[Stored data entries]
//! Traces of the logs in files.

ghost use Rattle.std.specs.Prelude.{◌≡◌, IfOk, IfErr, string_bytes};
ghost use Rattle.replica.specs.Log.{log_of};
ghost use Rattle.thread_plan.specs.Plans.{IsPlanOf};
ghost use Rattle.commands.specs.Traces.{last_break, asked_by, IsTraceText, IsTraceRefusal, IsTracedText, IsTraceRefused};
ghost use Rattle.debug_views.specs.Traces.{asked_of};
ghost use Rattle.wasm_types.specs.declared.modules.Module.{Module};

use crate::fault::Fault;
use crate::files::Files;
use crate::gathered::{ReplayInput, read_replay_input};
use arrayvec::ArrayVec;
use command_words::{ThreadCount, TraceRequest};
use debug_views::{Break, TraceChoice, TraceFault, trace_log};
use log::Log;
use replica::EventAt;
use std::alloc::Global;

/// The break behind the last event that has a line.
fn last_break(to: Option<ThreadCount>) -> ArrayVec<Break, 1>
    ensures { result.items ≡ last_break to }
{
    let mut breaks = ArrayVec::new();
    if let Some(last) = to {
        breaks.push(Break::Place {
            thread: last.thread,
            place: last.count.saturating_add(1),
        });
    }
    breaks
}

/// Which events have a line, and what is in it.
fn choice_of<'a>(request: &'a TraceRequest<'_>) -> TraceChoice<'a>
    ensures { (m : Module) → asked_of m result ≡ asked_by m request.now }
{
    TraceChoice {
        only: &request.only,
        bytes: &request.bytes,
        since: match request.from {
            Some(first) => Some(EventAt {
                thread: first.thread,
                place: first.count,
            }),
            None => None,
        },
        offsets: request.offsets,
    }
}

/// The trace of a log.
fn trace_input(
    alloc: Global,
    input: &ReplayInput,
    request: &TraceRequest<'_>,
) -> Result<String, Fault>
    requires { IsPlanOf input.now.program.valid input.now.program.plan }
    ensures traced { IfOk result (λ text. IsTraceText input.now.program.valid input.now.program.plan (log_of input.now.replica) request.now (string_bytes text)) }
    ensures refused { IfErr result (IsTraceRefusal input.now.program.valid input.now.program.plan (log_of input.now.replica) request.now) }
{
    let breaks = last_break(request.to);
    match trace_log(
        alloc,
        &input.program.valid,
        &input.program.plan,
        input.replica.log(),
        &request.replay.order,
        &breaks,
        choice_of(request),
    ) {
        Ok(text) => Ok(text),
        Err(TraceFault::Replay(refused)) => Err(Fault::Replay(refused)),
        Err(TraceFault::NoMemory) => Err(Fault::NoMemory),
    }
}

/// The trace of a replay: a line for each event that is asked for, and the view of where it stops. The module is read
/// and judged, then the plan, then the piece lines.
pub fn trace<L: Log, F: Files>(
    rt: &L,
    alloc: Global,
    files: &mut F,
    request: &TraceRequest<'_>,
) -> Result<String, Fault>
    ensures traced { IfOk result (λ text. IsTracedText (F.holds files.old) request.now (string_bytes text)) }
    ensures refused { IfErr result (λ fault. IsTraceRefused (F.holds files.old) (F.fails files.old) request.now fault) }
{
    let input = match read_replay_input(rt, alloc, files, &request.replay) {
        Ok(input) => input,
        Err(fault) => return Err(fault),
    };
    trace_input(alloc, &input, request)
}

**Work request:**
Word for word, transcribe each of the entries above.

**Response:**
//! Traces of the logs in files.

ghost use Rattle.std.specs.Prelude.{◌≡◌, IfOk, IfErr, string_bytes};
ghost use Rattle.replica.specs.Log.{log_of};
ghost use Rattle.thread_plan.specs.Plans.{IsPlanOf};
ghost use Rattle.commands.specs.Traces.{last_break, asked_by, IsTraceText, IsTraceRefusal, IsTracedText, IsTraceRefused};
ghost use Rattle.debug_views.specs.Traces.{asked_of};
ghost use Rattle.wasm_types.specs.declared.modules.Module.{Module};

use crate::fault::Fault;
use crate::files::Files;
use crate::gathered::{ReplayInput, read_replay_input};
use arrayvec::ArrayVec;
use command_words::{ThreadCount, TraceRequest};
use debug_views::{Break, TraceChoice, TraceFault, trace_log};
use log::Log;
use replica::EventAt;
use std::alloc::Global;

/// The break behind the last event that has a line.
fn last_break(to: Option<ThreadCount>) -> ArrayVec<Break, 1>
    ensures { result.items ≡ last_break to }
{
    let mut breaks = ArrayVec::new();
    if let Some(last) = to {
        breaks.push(Break::Place {
            thread: last.thread,
            place: last.count.saturating_add(1),
        });
    }
    breaks
}

/// Which events have a line, and what is in it.
fn choice_of<'a>(request: &'a TraceRequest<'_>) -> TraceChoice<'a>
    ensures { (m : Module) → asked_of m result ≡ asked_by m request.now }
{
    TraceChoice {
        only: &request.only,
        bytes: &request.bytes,
        since: match request.from {
            Some(first) => Some(EventAt {
                thread: first.thread,
                place: first.count,
            }),
            None => None,
        },
        offsets: request.offsets,
    }
}

/// The trace of a log.
fn trace_input(
    alloc: Global,
    input: &ReplayInput,
    request: &TraceRequest<'_>,
) -> Result<String, Fault>
    requires { IsPlanOf input.now.program.valid input.now.program.plan }
    ensures traced { IfOk result (λ text. IsTraceText input.now.program.valid input.now.program.plan (log_of input.now.replica) request.now (string_bytes text)) }
    ensures refused { IfErr result (IsTraceRefusal input.now.program.valid input.now.program.plan (log_of input.now.replica) request.now) }
{
    let breaks = last_break(request.to);
    match trace_log(
        alloc,
        &input.program.valid,
        &input.program.plan,
        input.replica.log(),
        &request.replay.order,
        &breaks,
        choice_of(request),
    ) {
        Ok(text) => Ok(text),
        Err(TraceFault::Replay(refused)) => Err(Fault::Replay(refused)),
        Err(TraceFault::NoMemory) => Err(Fault::NoMemory),
    }
}

/// The trace of a replay: a line for each event that is asked for, and the view of where it stops. The module is read
/// and judged, then the plan, then the piece lines.
pub fn trace<L: Log, F: Files>(
    rt: &L,
    alloc: Global,
    files: &mut F,
    request: &TraceRequest<'_>,
) -> Result<String, Fault>
    ensures traced { IfOk result (λ text. IsTracedText (F.holds files.old) request.now (string_bytes text)) }
    ensures refused { IfErr result (λ fault. IsTraceRefused (F.holds files.old) (F.fails files.old) request.now fault) }
{
    let input = match read_replay_input(rt, alloc, files, &request.replay) {
        Ok(input) => input,
        Err(fault) => return Err(fault),
    };
    trace_input(alloc, &input, request)
}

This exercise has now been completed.